—Escúchese a los enanos, Teodoro, ellos huelen a los traidores, tienen un gran olfato para la deslealtad, esa gracia les han hecho los dioses a cambio de sus contrahechas figuras. Si un enano pregunta por qué se le permite vivir a éste o a aquél, siendo tan traidores a mi persona, que de inmediato se ejecute a los delatados, así sean Fabiano o Cintia mis amores; dime de quién desciendo, recuérdame mi dura estirpe. Teodoro…

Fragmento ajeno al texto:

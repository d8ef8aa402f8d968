ghost use Rattle.std.specs.Prelude.{◌≡◌};
ghost use Rattle.solving.specs.Numbers.{stop_number};

use run::run::Run;
use runlaw::shape::Refusal;

/// Why a run to the end stopped: nothing was taken, or the list to file the taken box in was full.
#[derive(Clone, Copy, Debug, PartialEq, Eq)]
pub enum Stop {
    Untaken(Refusal),
    FeasibleFull,
    UndecidedFull,
}

impl Stop {
    /// The number of the refusal.
    pub fn number(self) -> usize
        ensures { result ≡ stop_number self }
    {
        // no discriminants: a refusal keeps its own number
        match self {
            Stop::Untaken(refusal) => refusal.number(),
            Stop::FeasibleFull => 25,
            Stop::UndecidedFull => 26,
        }
    }
}

/// A run at its end, and why it stopped.
#[derive(Drop)]
pub struct Ended<'r, 's, 'a> {
    pub run: Run<'r, 's, 'a>,
    pub stop: Stop,
}
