//! Solving to the end: boxes are taken and settled until a call is refused.
//! The program `ranges` makes this call.
//! The order of work may change unnoticed as long as it is one of taking and settling.

#![tactic(auto)]

pub mod shape;
pub mod solve;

—De los Lucios, César, pero te cambiaste el prenornbre cuando los de la familia así llamada fueron condenados por robo en despoblado y asesinato. De las Claudias, César. De la primera Claudia que para demostrar que su castidad no podía ser puesta en duda, se echó unas cuerdas sobre los hombros y arrastró desde los bancos lodosos del Tíber un barco atascado, cargado de objetos sacros…
—… ¡qué mujeres, Teodoro, qué hembras…!
—De la segunda Claudia, condenada como traidora por el senado porque un día la muchedumbre de las calles le impidió el paso en su litera y ella, descendiendo, pidió públicamente que su hermano Pul— quer resucitara y perdiese otra vez, como lo había hecho en vida, otra flota ante el enemigo y así hubiese menos muchedumbre en Roma y los patricios pudiesen pasearse sin contratiempos.

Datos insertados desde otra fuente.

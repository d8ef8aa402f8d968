ghost use Rattle.runlaw.specs.Soundness.{Always, Sound};
ghost use Rattle.runlaw.specs.Endings.{Finished};
ghost use Rattle.solving.specs.Numbers.{stop_number};
ghost use Rattle.runlaw.specs.Laws.{judging};
ghost use Rattle.solving.specs.Solving.{Solved};

use crate::shape::{Ended, Stop};
use contractor::contractor::Contractor;
use contractor::rule::SplittingRule;
use enclosure::enclosure::Enclosure;
use run::lists::Lists;
use run::method::Method;
use run::run::{Run, Unopened};
use run::shape::Unsettled;
use sheet::system::System;
use span::region::Region;

/// Takes and settles until a call is refused, and answers which. The law of an opened run holds of what it leaves.
pub fn finish<C: Contractor, R: SplittingRule, E: Enclosure>(
    run: &mut Run,
    method: &Method<C, R>,
) -> Stop
    ensures ends { Finished (C.Contractor.narrowed method.now.contractor) (R.SplittingRule.named method.now.rule) (judging E.Enclosure) run.old (stop_number result) run.new }
    ensures sound { (y : System) (b : Region) → Always y b run.old → Sound y b run.new run.new.settled }
{
    'rounds: loop {
        let ticket = match run.take() {
            Ok(ticket) => ticket,
            Err(refusal) => return Stop::Untaken(refusal),
        };
        match run.settle::<C, R, E>(ticket, method) {
            Ok(_) => {}
            Err(Unsettled::EmptyHand(_ticket)) => unreachable!(),
            Err(Unsettled::FeasibleFull) => return Stop::FeasibleFull,
            Err(Unsettled::UndecidedFull) => return Stop::UndecidedFull,
        }
    }
}

/// Opens a run over these lists and takes it to its end. Refused as opening is, with the lists as they were.
pub fn solve<'r, 's, 'a, C: Contractor, R: SplittingRule, E: Enclosure>(
    system: &'r System<'s>,
    start: Region,
    tolerance: u32,
    limit: u32,
    lists: Lists<'a>,
    method: &Method<C, R>,
) -> Result<Ended<'r, 's, 'a>, Unopened<'a>>
    ensures { Solved (C.Contractor.narrowed method.now.contractor) (R.SplittingRule.named method.now.rule) (judging E.Enclosure) system.now start tolerance limit lists.entry result }
{
    let mut run = Run::open(system, start, tolerance, limit, lists)?;
    let stop = finish::<C, R, E>(&mut run, method);
    Ok(Ended { run, stop })
}
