// Laws of the bay book's protocol: each function does nothing, and its contract is a law of the definitions of the five calls.
#![tactic(auto)]

ghost use Rattle.laws.specs.Rows.{RowsByAccesses, RowsKeepLength};
ghost use Rattle.laws.specs.Writes.{StepWritesOne};
ghost use Rattle.laws.specs.Cuts.{CutInStores, FrontsOfMake, CutInCall};
ghost use Rattle.laws.specs.Places.{PlacesAreWords};
ghost use Rattle.laws.specs.Targets.{StepsWriteTargets};
ghost use Rattle.laws.specs.Kept.{StepsKeepTheRest};
ghost use Rattle.laws.specs.Chain.{SplitsSetTheChain};
ghost use Rattle.laws.specs.Ranges.{StepsInRange};
ghost use Rattle.laws.specs.KeptRanges.{CallsKeepRange};
ghost use Rattle.laws.specs.Records.{CallsKeepRecords};
ghost use Rattle.laws.specs.Drawn.{CallsKeepNumbers};
ghost use Rattle.laws.specs.Arrays.{CallsKeepArrays};
ghost use Rattle.laws.specs.Lists.{CallsKeepLists};
ghost use Rattle.laws.specs.Stages.{CallsKeepStages};

// The row after a call is what the call's accesses make of it.
pub fn rows_are_made_by_accesses()
    ensures { RowsByAccesses }
{}

// The row after any call has as many words as before.
pub fn rows_keep_their_length()
    ensures { RowsKeepLength }
{}

// A step writes at most one word.
pub fn step_writes_one_word()
    ensures { StepWritesOne }
{}

// A cut inside some stores leaves the row after a front of them.
pub fn cut_in_stores_leaves_a_front()
    ensures { CutInStores }
{}

// After some but not all of make's stores the head is 0, and no rebuild takes the row.
pub fn unfinished_make_has_no_head()
    ensures { FrontsOfMake }
{}

// What a cut inside each of the five calls leaves.
pub fn cut_in_call()
    ensures { CutInCall }
{}

// The head and the words of the pages' slots, next and low are all the words of a row, each under one name.
pub fn places_are_the_words()
    ensures { PlacesAreWords }
{}

// Which word a step writes, by the runner's stage and by how its held page stands.
pub fn steps_write_their_targets()
    ensures { StepsWriteTargets }
{}

// A step leaves every word but its own.
pub fn steps_keep_the_rest()
    ensures { StepsKeepTheRest }
{}

// Head, next and low words are written by split steps alone; every other step writes key words and value words of slots.
pub fn splits_set_the_chain()
    ensures { SplitsSetTheChain }
{}

// With page and slot numbers in range a step writes a place of the book, and only split steps move its chain.
pub fn steps_stay_in_range()
    ensures { StepsInRange }
{}

// The table of a closed book is in range, and every call keeps it so: page numbers, slot numbers, and the progress of a split.
pub fn calls_keep_the_range()
    ensures { CallsKeepRange }
{}

// No page record has a committed slot at or above its taken count: so it is in a closed book, and every call keeps it so.
pub fn calls_keep_records_sound()
    ensures { CallsKeepRecords }
{}

// The words that runners carry have change numbers of their own, no two alike, from 1 to the last one drawn: so it is in a closed book, and every call keeps it so.
pub fn calls_keep_numbers_apart()
    ensures { CallsKeepNumbers }
{}

// The table's arrays are whole, so that a record that is written is read back: so it is in a closed book, and every call keeps it so.
pub fn calls_keep_arrays_whole()
    ensures { CallsKeepArrays }
{}

// The pages of an open book are one list in which none comes twice. The old page of a split is in it; the new ones are not, are not one and the same, and are held by nobody.
pub fn calls_keep_the_list()
    ensures { CallsKeepLists }
{}

// A runner is pending only on a page in sync or before the link, so nobody is when the new pages are linked; and it compares and reads only there or where the page has left the list.
pub fn calls_keep_stage_and_phase()
    ensures { CallsKeepStages }
{}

—…eso, eso, qué mujeres, siempre han despreciado al vulgo…
—Y la segunda Claudia ni siquiera al ser juzgada se vistió de luto para pedir clemencia. Clemencia para los esclavos y los castrados, dijo, no para una mujer que desea encontrarse a todos sus amigos y admiradores en el Averno, del otro lado de las perezosas y negras aguas del río estigio…
—…eso, eso, Teodoro, esa línea culmina conmigo; mira, busca en tus archivos y en tus recuerdos, busca el testimonio más oscuro, más desconocido, más olvidado, de una rebelión contra mí; una rebelión individual, surgida de la muchedumbre, pero que signifique la revuelta contra nosotros, que siendo singulares representamos una ética colectiva, encarnada en templos y leyes marmóreos, que sólo yo y nadie más que yo puede convertir en polvo y escarnio, no el vulgo, no la muchedumbre, no las hormigas que devoraron mi serpiente: nuestra ley romana, Teodoro, idéntica para todos y en un vasto y unificado imperio sustentada: Roma única, de nadie puedes ser sino del único Tiberio: muere conmigo, Roma; y tú, hijo de retórico, busca, vete con tus sandalias de palma y encuentra lo que te pido y déjame gozar de mis niños y efebos y ninfas, ¿qué les pasa?, ¿ya se cansaron?, pronto, consulten a Elefantis, otra postura, pronto, mi placer no admite intermedios, y ustedes están aquí para mi placer, no para el suyo, pronto, Elefantis al auxilio…
(ii)
Yo, Teodoro, el narrador de estos hechos, he pasado la noche reflexionando sobre ellos, escribiéndolos en los papeles que tienes o algún día tendrás entre tus manos, lector, y considerándome a mí mismo como otra persona: tercera persona de la narración objetiva; segunda persona de la narración subjetiva: sí, el segundo de Tiberio, su observador y criado; y sólo ahora, en la reclusión del cubículo lleno de papeles amontonados que he ido recogiendo a lo largo de mis viajes, sentado en un camastro de tablones, cerca de una ventana sin vista al mar, sin más paisaje que las rocas desnudas y ocres de Capri, puedo considerarme, en mi soledad, que es mi escasa autonomía, primera persona: yo, el narrador.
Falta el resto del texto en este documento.